Problem requirements: A stretch of the entries below is to be set down exactly, running from the line with "λ t. record" through the line with "repository acbdbade1074075a", both included, and no other line.

Stored dataset items
.....
//! The time of the sample before.

ghost use Rattle.std.specs.Prelude.{◌≡◌};

use std::marker::Model;

/// The time of the sample before.
#[derive(Clone, Copy, Drop)]
pub(crate) struct Time {
    at: i64,
}

impl Model for Time {
    ghost use Rattle.std.specs.Prelude.{ℤ};

    ghost Value = { ℤ };

    ghost view = { λ t. t.at };

    ghost inverse = { λ t. record { at = t } };
}

impl Time {
    /// This time.
    pub(crate) fn new(at: i64) -> Time
        ensures { result ≡ at }
    {
        Time { at }
    }

    /// It as a number.
    pub(crate) fn at(self) -> i64
        ensures { result ≡ self }
    {
        self.at
    }
}
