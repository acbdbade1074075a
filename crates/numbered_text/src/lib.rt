//! Batches whose series are named by number.
//!
//! A content of a journal is the text of an event, or a batch by number: its label sets stand there
//! by the numbers that contents before it gave them, or are given there, and each time is told by
//! how much later it is than the one before it. [`plain_text`] gives the text that a content stands
//! for, and the names after it, or the first fault ([`NumberError`]). [`numbered_text`] gives a
//! content by number that stands for a text.
//!
//! ```
//! let mut names = NameTable::new(rt.alloc());
//! let text = b"\x01\x01\x01\x01a\x01b\x01\xD0\x0F\x02";
//! let first = numbered_text(rt.alloc(), &mut names, text)?;
//! assert_eq!(rt; first.as_slice(), b"\x04\x01\x00\x01\x01a\x01b\x01\xD0\x0F\x02");
//! let again = numbered_text(rt.alloc(), &mut names, text)?;
//! assert_eq!(rt; again.as_slice(), b"\x04\x01\x00\x01\xD0\x0F\x02");
//! ```
//!
//! It stands on `wire` for numbers and on `name_table` for names. The form is this project's own,
//! and is in docs/FORMATS.md.
#![tactic(auto)]

mod error;
mod parts;
mod reading;
mod writing;

pub use error::NumberError;
pub use reading::plain_text;
pub use writing::numbered_text;
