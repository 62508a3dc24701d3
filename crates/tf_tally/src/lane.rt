//! A tally as one thread uses it.

ghost use Rattle.std.specs.Prelude.{◌≡◌, ◌<◌};
ghost use Rattle.tf_tally.specs.Holdings.{added};
ghost use Rattle.tf_tally.specs.declared.tally.TheConstants.{WORDS};

use crate::part::Part;
use crate::rule::Add;
use crate::tally::Tally;
use std::marker::Model;

/// A tally as one thread uses it. Adding an entry is a step on a word, and each lane has its own word on a cache line of its own: so
/// threads that add entries don't wait for each other's cache lines. Contracts see which tally it is of.
#[derive(Drop)]
pub struct Lane<'a, E> {
    tally: &'a Tally<E>,
    word: usize,
}

impl<'a, E> Model for Lane<'a, E> {
    ghost use Rattle.std.specs.Prelude.{◌≡◌, ◌<◌};
    ghost use Rattle.atomic_table.specs.Seated.{TableId};
    ghost use Rattle.tf_tally.specs.declared.tally.TheConstants.{WORDS};

    ghost Value = { TableId };

    ghost view = { λ l. l.tally.now };

    ghost invariant = { λ l. l.word < WORDS };
}

impl<'a, E> Lane<'a, E> {
    /// Returns the tally as a thread with this word uses it.
    pub(crate) fn of(tally: &'a Tally<E>, word: usize) -> Lane<'a, E>
        requires { word < WORDS }
        ensures { result ≡ tally.now }
    {
        Lane { tally, word }
    }

    /// Returns the tally.
    pub fn tally(&self) -> &'a Tally<E>
        ensures { result.now ≡ self.now }
    {
        self.tally
    }

    /// Adds an entry to a part, which keeps it and reports it.
    pub fn add(&self, part: &mut Part<E>, entry: &E)
        requires part { part.old.table ≡ self.now }
        ensures same { part.new.table ≡ self.now }
        ensures added { part.new.holding ≡ added entry.now part.old.holding }
    {
        self.tally.add_at(self.word, part, entry);
    }
}
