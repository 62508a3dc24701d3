//! What one part has.

use std::collections::LinkedList;

/// What one part has: a number of the tally's parts, the entries that it keeps, and those that it reports. It is for contracts
/// alone: no value of it is made.
pub struct Holding<E> {
    /// How many parts the tally has in all.
    pub whole: u64,
    /// How many of them these are.
    pub parts: u64,
    /// The entries that are kept here, in the order in which they were added.
    pub kept: LinkedList<E>,
    /// The entries that are reported here, in the order in which they were added.
    pub reported: LinkedList<E>,
}
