//! A part of a tally.

use crate::holding::Holding;
use std::marker::Model;

/// One part or more of the tally that it came from, with the entries that it keeps and reports. It takes no bytes, and can't be
/// copied. One that is dropped is lost: nobody has all parts from then on. Contracts see which tally it is of, and a
/// `Holding`, which has a part at least.
#[derive(Drop)]
pub struct Part<E> {
    pub(crate) seat: atomic_table::Seat<E, Holding<E>>,
}

impl<E> Model for Part<E> {
    ghost use Rattle.std.specs.Prelude.{◌≡◌, ◌<◌, []};
    ghost use Rattle.tf_tally.specs.Holdings.{HeldPart};

    ghost Value = { HeldPart E };

    ghost view = { λ p. record { table = p.seat.table_id; holding = p.seat.me.0 } };

    ghost invariant = { λ p. (p.seat.me.1 ≡ []) × (0 < p.seat.me.0.parts) };
}
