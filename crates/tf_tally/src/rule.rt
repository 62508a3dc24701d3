//! The rule that the table of a tally keeps, and what its steps do.

use crate::holding::Holding;
use atomic_table::{Join, Play, Split, TableRule};

/// The rule that the table keeps: no part is lost, and what is reported is what is kept.
pub(crate) struct Law;

impl<E> TableRule<E, Holding<E>, u64> for Law {
    ghost use Rattle.tf_tally.specs.Holdings.{first_holding};
    ghost use Rattle.tf_tally.specs.Plays.{Holds};

    ghost holds = { λ whole. Holds whole };

    ghost first = { first_holding };
}

/// The exchange that adds its step's entry to the holding.
pub(crate) struct Add;

impl<E> Play<E, Holding<E>> for Add {
    ghost use Rattle.tf_tally.specs.Plays.{Adds};

    ghost then = { Adds };
}

/// A load that changes no holding. To one that has all parts it shows that what is reported is what is kept.
pub(crate) struct Audit;

impl<E> Play<E, Holding<E>> for Audit {
    ghost use Rattle.tf_tally.specs.Plays.{Audits};

    ghost then = { Audits };
}

/// One part goes, with all that was reported.
pub(crate) struct Away;

impl<E> Split<Holding<E>> for Away {
    ghost use Rattle.tf_tally.specs.Holdings.{staying, going};

    ghost left = { staying };

    ghost right = { going };
}

/// Two holdings are put together.
pub(crate) struct Together;

impl<E> Join<Holding<E>> for Together {
    ghost use Rattle.tf_tally.specs.Holdings.{merged, blank};

    ghost both = { merged };

    ghost spent = { blank };
}
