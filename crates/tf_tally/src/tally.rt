//! The tally.

ghost use Rattle.std.specs.Prelude.{◌≡◌, ◌<◌, IfOk};
ghost use Rattle.tf_tally.specs.declared.tally.TheConstants.{WORDS};
ghost use Rattle.tf_tally.specs.Holdings.{first_holding, staying, going, merged, added, IsAll, IsBalanced};

use crate::holding::Holding;
use crate::lane::Lane;
use crate::part::Part;
use crate::rule::{Add, Audit, Away, Law, Together};
use atomic_table::Table;
use std::alloc::{AllocError, Global};
use std::marker::Model;

/// How many words a cache line has.
const LINE: usize = 8;

/// How many threads can add entries on cache lines of their own.
const LANES: usize = 64;

/// The words: the first is only read, and each of the others that is used is on a line of its own.
pub(crate) const WORDS: usize = LINE + LINE * LANES;

/// A tally, which deals out parts and adds entries to them. Its parts are used only with it. Contracts see which tally it is.
#[derive(Drop)]
pub struct Tally<E> {
    table: Table<E, Holding<E>, u64, Law, Global>,
}

impl<E> Model for Tally<E> {
    ghost use Rattle.std.specs.Prelude.{◌≡◌};
    ghost use Rattle.tf_tally.specs.declared.tally.TheConstants.{WORDS};
    ghost use Rattle.atomic_table.specs.Seated.{TableId};

    ghost Value = { TableId };

    ghost view = { λ t. t.table.shared.table_id };

    ghost invariant = { λ t. t.table.shared.table_id.words ≡ WORDS };
}

impl<E> Tally<E> {
    /// Makes a tally of the given number of parts, at least one, and returns it with all of them, which keep and report nothing yet.
    ///
    /// # Errors
    ///
    /// Only where memory runs out.
    pub fn new(alloc: Global, parts: u64) -> Result<(Tally<E>, Part<E>), AllocError>
        requires { 0 < parts }
        ensures part { IfOk result (λ made. made.1.table ≡ made.0) }
        ensures holding { IfOk result (λ made. made.1.holding ≡ first_holding parts) }
    {
        let (table, seat) = Table::of_words(alloc, &[0; WORDS], &parts)?;
        Ok((Tally { table }, Part { seat }))
    }

    /// Splits one part off, of two at least. All that was reported goes with it, and all that was kept stays.
    pub fn split_off(&self, part: &mut Part<E>) -> Part<E>
        requires part { part.old.table ≡ self.now }
        requires two { 1 < part.old.holding.parts }
        ensures same { part.new.table ≡ self.now }
        ensures staying { part.new.holding ≡ staying part.old.holding }
        ensures new { result.table ≡ self.now }
        ensures going { result.holding ≡ going part.old.holding }
    {
        let seat = self.table.shared.split_seat::<Away>(&mut part.seat);
        Part { seat }
    }

    /// Merges another part into this one: appends its kept entries to those of this part, and its reported entries likewise.
    pub fn merge(&self, part: &mut Part<E>, other: Part<E>)
        requires part { part.old.table ≡ self.now }
        requires other { other.table ≡ self.now }
        ensures same { part.new.table ≡ self.now }
        ensures merged { part.new.holding ≡ merged part.old.holding other.holding }
    {
        let Part { seat } = other;
        self.table
            .shared
            .join_seat::<Together>(&mut part.seat, seat);
    }

    /// Returns the tally as the thread with this number uses it. If there are more than 64 threads, some share a cache line.
    pub fn lane(&self, thread: usize) -> Lane<'_, E>
        ensures { result ≡ self.now }
    {
        Lane::of(self, LINE + LINE * (thread % LANES))
    }

    /// Adds an entry to a part, by a step on the given word.
    pub(crate) fn add_at(&self, word: usize, part: &mut Part<E>, entry: &E)
        requires word { word < WORDS }
        requires part { part.old.table ≡ self.now }
        ensures same { part.new.table ≡ self.now }
        ensures added { part.new.holding ≡ added entry.now part.old.holding }
    {
        self.table
            .shared
            .compare_exchange_with::<Add>(&mut part.seat, word, 0, 0, entry);
    }

    /// Looks at a part, and changes nothing. Where it has all parts, what it reports is what it keeps, however entries are
    /// weighed.
    pub fn audit(&self, part: &mut Part<E>)
        requires part { part.old.table ≡ self.now }
        ensures same { part.new ≡ part.old }
        ensures balanced { IsAll part.old.holding → IsBalanced part.old.holding }
    {
        self.table.shared.load::<Audit>(&mut part.seat, 0);
    }
}
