//! A ledger whose amounts are lists of entries.
//!
//! A `Tally` deals out a fixed number of parts. A part keeps entries and reports entries: each entry that is added is kept and
//! reported once, and then the part can be split, so that one part goes on to keep it and another to report it. Whoever has all
//! parts together knows that exactly what is kept is reported. Parts can't be copied, and recording an entry takes no memory.
#![tactic(auto)]

mod holding;
mod lane;
pub mod laws;
mod part;
mod rule;
mod tally;

pub use holding::Holding;
pub use lane::Lane;
pub use part::Part;
pub use tally::Tally;
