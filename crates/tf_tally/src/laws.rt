//! Laws on tallies, and that a tally and its parts may be shared by threads.

ghost use Rattle.tf_tally.specs.Laws.{AllKnow, BalancedAgree};

use crate::part::Part;
use crate::tally::Tally;

/// If the rule holds and one holding has all parts, every other holding has no part, keeps nothing and reports nothing, and what the
/// one reports is balanced with what it keeps.
pub fn all_know<E>()
    ensures { AllKnow E }
{}

/// A balanced holding reports as many entries as it keeps, in all and of those that pass a test, whatever the test is.
pub fn balanced_agree<E>()
    ensures { BalancedAgree E }
{}

/// Checks that threads may share a part, though only who owns it can use it.
pub fn parts_are_shared<E: Send + Sync>(part: &Part<E>) {
    share(part);
}

/// Checks that threads may share a tally.
pub fn tallies_are_shared<E: Send + Sync>(tally: &Tally<E>) {
    share(tally);
}

/// Checks that a part may go to another thread, and drops it.
pub fn parts_are_sent<E: Send + Drop>(part: Part<E>) {
    send(part);
}

/// Takes what threads may share.
fn share<T: Sync>(_shared: &T) {}

/// Takes what may go to another thread.
fn send<T: Send + Drop>(_sent: T) {}
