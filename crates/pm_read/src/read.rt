//! What a line asks: its word, its head, and the row of its word.
ghost use Rattle.std.specs.Prelude.{Result, ◌≡◌, None, Some, IfOk};
ghost use Rattle.serde_json.specs.View.{view};
ghost use Rattle.pm_model.specs.Forms.{looking};
ghost use Rattle.pm_model.specs.Asked.{asked, asked_by, asked_of, id_of, request_of, with_head, worded};
ghost use Rattle.pm_model.specs.declared.requests.Body.{Body};
ghost use Rattle.pm_model.specs.declared.lines.BadLine.{BadLine};
ghost use Rattle.pm_read.specs.Reads.{Reads};

use crate::errors::ReadError;
use crate::forms::optional_whole;
use crate::rows::row;
use pm_model::{Asked, BadLine, Body, Key, Memory, Request, What};
use serde_json::Value;
use std::alloc::Global;

fn with_head(row: Result<Body, ReadError>, value: &Value) -> Result<Request, ReadError>
    ensures { (r : Result Body BadLine) → Reads row r → Reads result (with_head (looking (view value.now)) r) }
{
    optional_whole(Key::Id, value.get(Key::Id.text()))?;
    let after = optional_whole(Key::After, value.get(Key::After.text()))?;
    let body = row?;
    Ok(Request { after, body })
}

// What a line with the word asks.
fn worded(alloc: Global, word: &str, value: &Value) -> Result<Request, ReadError>
    ensures { Reads result (worded (looking (view value.now)) (Some word.now)) }
{
    match row(alloc, word, value) {
        None => Err(ReadError::Bad(BadLine::UnknownCommand)),
        Some(row) => with_head(row, value),
    }
}

fn request(alloc: Global, value: &Value) -> Result<Request, ReadError>
    ensures { Reads result (request_of (looking (view value.now))) }
{
    let Some(word) = value.get(Key::Cmd.text()).and_then(Value::as_str) else {
        return Err(ReadError::Bad(BadLine::NotRequest));
    };
    worded(alloc, word, value)
}

fn id(value: &Value) -> Option<u64>
    ensures { result ≡ id_of (looking (view value.now)) }
{
    value.get(Key::Id.text()).and_then(Value::as_u64)
}

fn asked(alloc: Global, value: &Value) -> Result<Asked, Memory>
    ensures { IfOk result (λ a. a ≡ asked_by (looking (view value.now))) }
{
    let id = id(value);
    match request(alloc, value) {
        Ok(request) => Ok(Asked {
            id,
            what: What::Request(request),
        }),
        Err(ReadError::Bad(bad)) => Ok(Asked {
            id,
            what: What::Bad(bad),
        }),
        Err(ReadError::Memory) => Err(Memory),
    }
}

fn not_json() -> Asked
    ensures { result ≡ asked_of None }
{
    Asked {
        id: None,
        what: What::Bad(BadLine::NotJson),
    }
}

/// What the line asks, the line being without its line feed. It never tells TooLong, which is for
/// whoever cuts the lines to say. Its only error is want of memory.
pub fn read_request(alloc: Global, line: &[u8]) -> Result<Asked, Memory>
    ensures { IfOk result (λ a. a ≡ asked line.now) }
{
    match Value::from_slice(alloc, line) {
        Ok(value) => asked(alloc, &value),
        Err(error) => {
            if error.is_memory() {
                Err(Memory)
            } else {
                Ok(not_json())
            }
        }
    }
}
.....
Finished exercise:
    ghost inverse = { λ t. record { at = t } };
}

impl Time {
    /// This time.
    pub(crate) fn new(at: i64) -> Time
        ensures { result ≡ at }
    {
        Time { at }
    }

    /// It as a number.
    pub(crate) fn at(self) -> i64
        ensures { result ≡ self }
    {
        self.at
    }
}
repository acbdbade1074075a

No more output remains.